The terms of reference for negotiations have been clearly defined and agreed to: (1) the Non-Proliferation Treaty is the basic document for negotiations and agreement. (2) Iran must agree to fulfil all of its international obligations under the Treaty; and (3) the negotiation process will be a gradual step-by-step process that will include the principle of reciprocity.

Israel is not a member of the Nuclear Non-Proliferation Treaty and has steadily refused to allow its nuclear facilities to be inspected by the UN Atomic Energy Agency, or anyone else. Israel therefore cannot demand of Iran what it refuses to do.

It is likely that Netanyahu considers that war against Iran would be the better alternative in the long run. He has already secured American financial and technical support to reinforce the newly introduced missile defence system called Iron Dome, which according to the Israeli press, has had a 90 per cent interception success against rockets launched from Gaza.

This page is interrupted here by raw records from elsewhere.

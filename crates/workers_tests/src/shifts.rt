// Workers at a station, and what they tell.

use crate::done::{Done, DoneAlone, Told, done_alone, done_by};
use crate::gates::{Narrow, Shut};
use crate::meeting::Meeting;
use crate::posts::Post;
use crossbeam_channel::{Receiver, bounded};
use server_workers::{Gate, Ledger, NoGate, PARTS, Served, Worked, serve, work};
use std::alloc::Global;
use std::sync::Wait;
use std::test::Fail;
use std::thread::Threads;
use test_asserts::equal_at;

/// Who works, and what is told then.
#[derive(Clone, Copy)]
pub(crate) enum Shift {
    /// Workers at no gate: what they did, or why nobody served.
    Crew(Crew, Told<'static>),
    /// Workers, 2 or 3, who meet at as many gateways: what they did, whether all were inside at once, and how many left each
    /// gateway.
    Meeting(Crew, Done<'static>, [u64; 4]),
    /// Workers at a gate where each takes its time: what they did, and whether two asked at once.
    Slow(Crew, Done<'static>, bool),
    /// Workers whom no gate lets in: what they did.
    ShutOut(Crew, Done<'static>),
    /// One with room for so many numbers, at these: what it did.
    Alone(u32, &'static [u64], DoneAlone<'static>),
    /// One with room for so many numbers, at these and then at those of another channel, whom no gate lets in: what it did.
    One(u32, (&'static [u64], &'static [u64]), DoneAlone<'static>),
}

/// The numbers from the one to the other, and how many workers take them up.
pub(crate) type Crew = (u64, u64, u8);

impl<B: Ledger + Send + Sync, R: Threads + Wait + Sync> Post<'_, B, R> {
    /// Workers answer, by the step at this place: what they tell is compared.
    pub(crate) fn work(&mut self, place: usize, shift: Shift) -> Result<(), Fail> {
        match shift {
            Shift::Crew(crew, told) => self.serve(place, crew, &NoGate, told),
            Shift::Meeting(crew, done, met) => {
                let meeting = Meeting::new(crew.2);
                self.serve(place, crew, &meeting, Ok(done))?;
                equal_at(&place, &meeting.told(), &met)
            }
            Shift::Slow(crew, done, is_crowded) => {
                let narrow = Narrow::new();
                self.serve(place, crew, &narrow, Ok(done))?;
                equal_at(&place, &narrow.was_crowded(), &is_crowded)
            }
            Shift::ShutOut(crew, done) => self.serve(place, crew, &Shut::new(0), Ok(done)),
            Shift::Alone(room, numbers, done) => {
                self.work_alone(place, room, (numbers, &[]), &NoGate, done)
            }
            Shift::One(room, channels, done) => {
                self.work_alone(place, room, channels, &Shut::new(0), done)
            }
        }
    }

    /// The same while a ticket for the uplink with this number is out.
    pub(crate) fn work_beside(
        &mut self,
        place: usize,
        number: u64,
        shift: Shift,
    ) -> Result<(), Fail> {
        let ticket = self.station.take(self.rt, number)?;
        let worked = self.work(place, shift);
        let _ = self.ended(ticket.give_up(), true);
        worked
    }

    /// Workers serve at a gate, and their till and their receipts are kept: what they tell is compared.
    fn serve<G: Gate + Sync>(
        &mut self,
        place: usize,
        (first, last, workers): Crew,
        gate: &G,
        told: Told<'static>,
    ) -> Result<(), Fail> {
        let numbers = numbers_of(self.alloc, first, last)?;
        let till = self.tills.pop().ok_or("there is a till")?;
        if till.parts() <= 16 {
            return Err(Fail::from("it has too few parts"));
        }
        match serve(
            self.rt,
            self.alloc,
            &self.station,
            &numbers,
            till,
            workers,
            gate,
        ) {
            Ok(served) => {
                equal_at(&place, &Ok(done_by(&served, &numbers)), &told)?;
                self.keep(served)
            }
            Err(fault) => {
                equal_at(&place, &Err((fault.cause, fault.till.parts())), &told)?;
                Ok(self.tills.push(fault.till)?)
            }
        }
    }
}

/// The numbers from the one to the other.
fn numbers_of(alloc: Global, first: u64, last: u64) -> Result<Vec<u64>, Fail> {
    let mut numbers = Vec::new(alloc);
    for number in first..=last {
        numbers.push(number)?;
    }
    Ok(numbers)
}

impl<B: Ledger, R: Wait> Post<'_, B, R> {
    /// Keeps the till and the receipts of workers.
    fn keep(&mut self, served: Served<B>) -> Result<(), Fail> {
        let Served {
            till,
            mut receipts,
            ..
        } = served;
        self.tills.push(till)?;
        self.receipts.append(&mut receipts)?;
        Ok(())
    }

    /// One worker with room for so many numbers works at those of one channel and then at those of another: what it did is
    /// compared.
    fn work_alone<G: Gate>(
        &mut self,
        place: usize,
        room: u32,
        (numbers, others): (&[u64], &[u64]),
        gate: &G,
        done: DoneAlone<'static>,
    ) -> Result<(), Fail> {
        let worked = self.hired(room)?;
        let (worked, left) = self.worked_at(worked, numbers, gate)?;
        let (worked, left_of_others) = self.worked_at(worked, others, gate)?;
        let told = done_alone(&worked, [left, left_of_others]);
        equal_at(&place, &told, &done)?;
        self.dismiss(worked)
    }

    /// A worker works at some numbers: what it has done so far, and the first number that is left.
    fn worked_at<G: Gate>(
        &self,
        worked: Worked<B>,
        numbers: &[u64],
        gate: &G,
    ) -> Result<(Worked<B>, Option<u64>), Fail> {
        let numbers = channel_of(self.rt, self.alloc, numbers)?;
        let worked = work(self.rt, &self.station, &numbers, gate, worked);
        Ok((worked, numbers.recv(self.rt).ok()))
    }

    /// A worker who has done nothing, with room for so many numbers.
    fn hired(&mut self, room: u32) -> Result<Worked<B>, Fail> {
        let till = self.tills.last_mut().ok_or("there is a till")?;
        if till.parts() < 2 {
            return Err(Fail::from("it has one part"));
        }
        let worked = Worked::new(self.alloc, till.split(), room);
        Ok(worked.ok().ok_or("there is memory")?)
    }

    /// Keeps the receipts of a worker, whose till is joined with the last one.
    fn dismiss(&mut self, worked: Worked<B>) -> Result<(), Fail> {
        let Worked {
            till,
            mut receipts,
            ..
        } = worked;
        self.receipts.append(&mut receipts)?;
        let last = self.tills.last_mut().ok_or("there is a till")?;
        if last.parts().saturating_add(till.parts()) > PARTS {
            return Err(Fail::from("they have too many parts"));
        }
        last.join(till);
        Ok(())
    }
}

/// Some numbers in a channel that is closed.
fn channel_of<R: Wait>(rt: &R, alloc: Global, numbers: &[u64]) -> Result<Receiver<u64>, Fail> {
    let (sender, receiver) = bounded(alloc, 8)?;
    for number in numbers {
        sender.send(rt, *number).ok().ok_or("there is room")?;
    }
    Ok(receiver)
}
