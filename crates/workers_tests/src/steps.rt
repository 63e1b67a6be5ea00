// Steps at a station, each with what it is to tell.

use crate::asks::{Ask, Heard};
use crate::posts::Post;
use crate::shifts::Shift;
use crate::tickets::{Answer, Fate};
use answer_ticket::{Ending, Outcome};
use server_core::{DeskFault, DeskHeard};
use server_workers::Ledger;
use std::sync::Wait;
use std::test::Fail;
use std::thread::Threads;
use test_asserts::equal_at;

/// A step, and what it is to tell.
#[derive(Clone, Copy)]
pub(crate) enum Step {
    /// The station hears a copy of an uplink, which goes there.
    Hear(Heard, Result<DeskHeard, DeskFault>),
    /// The gateway `1 + addr mod 2` hears the first uplink of each of so many devices, until a million microseconds for each
    /// address. Each opens a gathering, and all are closed, in this order.
    HearAll(u32),
    /// The station is asked.
    Ask(Ask),
    /// The station answers the uplink with this number by itself.
    Answer(u64, Answer),
    /// A ticket is taken for the uplink with this number: whether its stub is settled then, and how the answer ends.
    Take(u64, Fate, bool, Ending),
    /// Workers answer.
    Work(Shift),
    /// Workers answer while a ticket for the uplink with this number is out, which is given up and settled then.
    WorkBeside(u64, Shift),
}

/// Takes these steps, one after another, and compares what each tells.
pub(crate) fn take_steps<B: Ledger + Send + Sync, R: Threads + Wait + Sync>(
    post: &mut Post<'_, B, R>,
    steps: &[Step],
) -> Result<(), Fail> {
    for (place, step) in steps.iter().enumerate() {
        take_step(post, place, *step)?;
    }
    Ok(())
}

/// Takes the step at this place of its table, and compares what it tells.
fn take_step<B: Ledger + Send + Sync, R: Threads + Wait + Sync>(
    post: &mut Post<'_, B, R>,
    place: usize,
    step: Step,
) -> Result<(), Fail> {
    match step {
        Step::Hear(heard, wanted) => equal_at(&place, &post.hear(heard)?, &wanted),
        Step::HearAll(count) => post.hear_all(place, count),
        Step::Ask(ask) => post.ask(place, ask),
        Step::Answer(number, answer) => post.answer(place, number, answer),
        Step::Take(number, fate, is_settled, result) => {
            let wanted = (is_settled, Outcome { number, result });
            equal_at(&place, &post.take(number, fate)?, &wanted)
        }
        Step::Work(shift) => post.work(place, shift),
        Step::WorkBeside(number, shift) => post.work_beside(place, number, shift),
    }
}
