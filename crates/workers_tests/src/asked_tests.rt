// A worker asks the gate before it asks a gateway's book: whatever a try grows is grown after that.
ghost use Rattle.std.specs.Prelude.{◌≡◌};

use bumpalo::Bump;
use server_workers::{Blank, Gate, Ledger, PARTS, Station, Till};
use std::alloc::Global;
use std::marker::Brand;
use std::sync::Wait;
use std::sync::atomic::{AtomicU64, Ordering};
use std::test::Fail;
use test_asserts::holds;
use worked_inputs::{COPY, WorkedHasher, device, hasher, settings_of, uplink};

/// More than a station of one device takes.
const AMPLE_BYTES: usize = 1 << 20;

/// Notes how many bytes an arena has left when a worker asks, and when it has left the gateway.
#[derive(Drop)]
struct Meter<'a> {
    arena: &'a Bump<Global>,
    asked: AtomicU64,
    done: AtomicU64,
}

impl<'a> Meter<'a> {
    /// One that noted nothing.
    fn new(arena: &'a Bump<Global>) -> Self {
        Meter {
            arena,
            asked: AtomicU64::new(0),
            done: AtomicU64::new(0),
        }
    }

    /// How many bytes were taken between the two.
    fn taken(&self) -> u64 {
        let asked = self.asked.load(Ordering::SeqCst);
        asked.saturating_sub(self.done.load(Ordering::SeqCst))
    }
}

impl Gate for Meter<'_> {
    fn inside(&self, _gateway: u16) -> bool {
        self.asked
            .store(self.arena.chunk_capacity() as u64, Ordering::SeqCst);
        true
    }

    fn left(&self, _gateway: u16) {
        self.done
            .store(self.arena.chunk_capacity() as u64, Ordering::SeqCst);
    }
}

/// A station that takes its memory from an arena.
type ArenaStation<'a, B> = Station<B, WorkedHasher, &'a Bump<Global>>;

/// Such a station of one device answers an uplink: how many bytes the try took after the gate was asked.
fn taken_from<'a, B: Ledger, R: Wait>(
    rt: &R,
    alloc: Global,
    arena: &'a Bump<Global>,
    blank: Blank,
) -> Result<u64, Fail>
    requires name { blank.name ≡ B.name }
    requires parts { blank.parts ≡ B.parts }
    requires all { blank.parts ≡ PARTS }
{
    let (station, till) = station_of::<B>(alloc, arena, blank)?;
    hear(rt, alloc, &station)?;
    Ok(taken_by_the_answer(rt, arena, &station, till))
}

/// A station of one device that takes its memory from this arena, and its till.
fn station_of<'a, B: Ledger>(
    alloc: Global,
    arena: &'a Bump<Global>,
    blank: Blank,
) -> Result<(ArenaStation<'a, B>, Till<B>), Fail>
    requires name { blank.name ≡ B.name }
    requires parts { blank.parts ≡ B.parts }
    requires all { blank.parts ≡ PARTS }
{
    let settings = settings_of(alloc, &[device(1)])?;
    Ok(ArenaStation::<'a, B>::new(arena, hasher(), &settings, blank)?)
}

/// An uplink is heard and closed.
fn hear<B: Ledger, R: Wait>(
    rt: &R,
    alloc: Global,
    station: &ArenaStation<'_, B>,
) -> Result<(), Fail> {
    let bytes = uplink(alloc, true, 1, 0)?;
    station.hear(rt, bytes.as_slice(), COPY, 0)?;
    station.pass(rt, 200_001);
    Ok(())
}

/// It is answered: how many bytes the try took after the gate was asked.
fn taken_by_the_answer<'a, B: Ledger, R: Wait>(
    rt: &R,
    arena: &'a Bump<Global>,
    station: &ArenaStation<'a, B>,
    till: Till<B>,
) -> u64 {
    let mut till = till;
    let meter = Meter::new(arena);
    station.answer(rt, &meter, 1, &mut till, &mut 0);
    meter.taken()
}

/// The same, of an arena of its own.
fn taken_at_the_gate<B: Ledger, R: Wait>(rt: &R, alloc: Global, blank: Blank) -> Result<u64, Fail>
    requires name { blank.name ≡ B.name }
    requires parts { blank.parts ≡ B.parts }
    requires all { blank.parts ≡ PARTS }
{
    let arena = Bump::try_with_capacity(alloc, AMPLE_BYTES)?;
    taken_from::<B, R>(rt, alloc, &arena, blank)
}

#[test]
fn a_worker_asks_the_gate_before_the_book(rt: HostRuntime) -> Result<(), Fail> {
    let taken = taken_at_the_gate::<Brand, _>(&rt, rt.alloc(), Blank::new(PARTS as u64))?;
    // A frame of 12 bytes, and the book's place for the reservation.
    holds(taken > 12)?;
    Ok(())
}
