// A gate at which workers meet, each at a gateway of its own: each lets the others go on.

use server_workers::Gate;
use std::sync::atomic::{AtomicU64, Ordering};

/// Lets a worker go on once so many of the gateways 1 to 3 have one; counts who has left, and marks whether one found all of
/// them inside while nobody had left.
#[derive(Drop)]
pub(crate) struct Meeting {
    workers: u64,
    /// 1 for each gateway where one is or was.
    there: [AtomicU64; 3],
    met: AtomicU64,
    left: [AtomicU64; 3],
}

impl Meeting {
    /// Nobody of so many is there yet.
    pub(crate) fn new(workers: u8) -> Self {
        Meeting {
            workers: workers as u64,
            there: zeros(),
            met: AtomicU64::new(0),
            left: zeros(),
        }
    }

    /// Whether all were inside at once, and how many left each gateway.
    pub(crate) fn told(&self) -> [u64; 4] {
        let [first, second, third] = values(&self.left);
        [self.met.load(Ordering::SeqCst), first, second, third]
    }
}

impl Gate for Meeting {
    fn inside(&self, gateway: u16) -> bool {
        cell(&self.there, gateway).store(1, Ordering::SeqCst);
        let [first, second, third] = values(&self.there);
        let are_all_in = first.wrapping_add(second).wrapping_add(third) == self.workers;
        if are_all_in && values(&self.left) == [0; 3] {
            self.met.store(1, Ordering::SeqCst);
        }
        are_all_in
    }

    fn left(&self, gateway: u16) {
        cell(&self.left, gateway).fetch_add(1, Ordering::SeqCst);
    }
}

/// A nought for each gateway.
fn zeros() -> [AtomicU64; 3] {
    [AtomicU64::new(0), AtomicU64::new(0), AtomicU64::new(0)]
}

/// What is counted for each gateway.
fn values(cells: &[AtomicU64; 3]) -> [u64; 3] {
    let [first, second, third] = cells;
    [
        first.load(Ordering::SeqCst),
        second.load(Ordering::SeqCst),
        third.load(Ordering::SeqCst),
    ]
}

/// What counts for this gateway.
fn cell(cells: &[AtomicU64; 3], gateway: u16) -> &AtomicU64 {
    let [first, second, third] = cells;
    match gateway {
        1 => first,
        2 => second,
        _ => third,
    }
}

The Pentagon has authorised the delivery to Israel of bunker-busting bombs and other sophisticated weapon systems to strengthen its capacity to launch an attack against Iran. This may have been the price Obama had to pay to calm down the belligerent instincts of the Israeli prime minister and get him to postpone any military action against Iran until after the American election in November.

This presents two major advantages for the Obama administration: Give Obama a chance to contest and win the election without the incalculable damage and distraction another war would create during an election year. Secondly, more time without war means a greater chance to achieve a diplomatic resolution of this conflict. Even if this is not the best outcome for Netanyahu, it certainly is for Iran, for the Obama administration, and for the international community.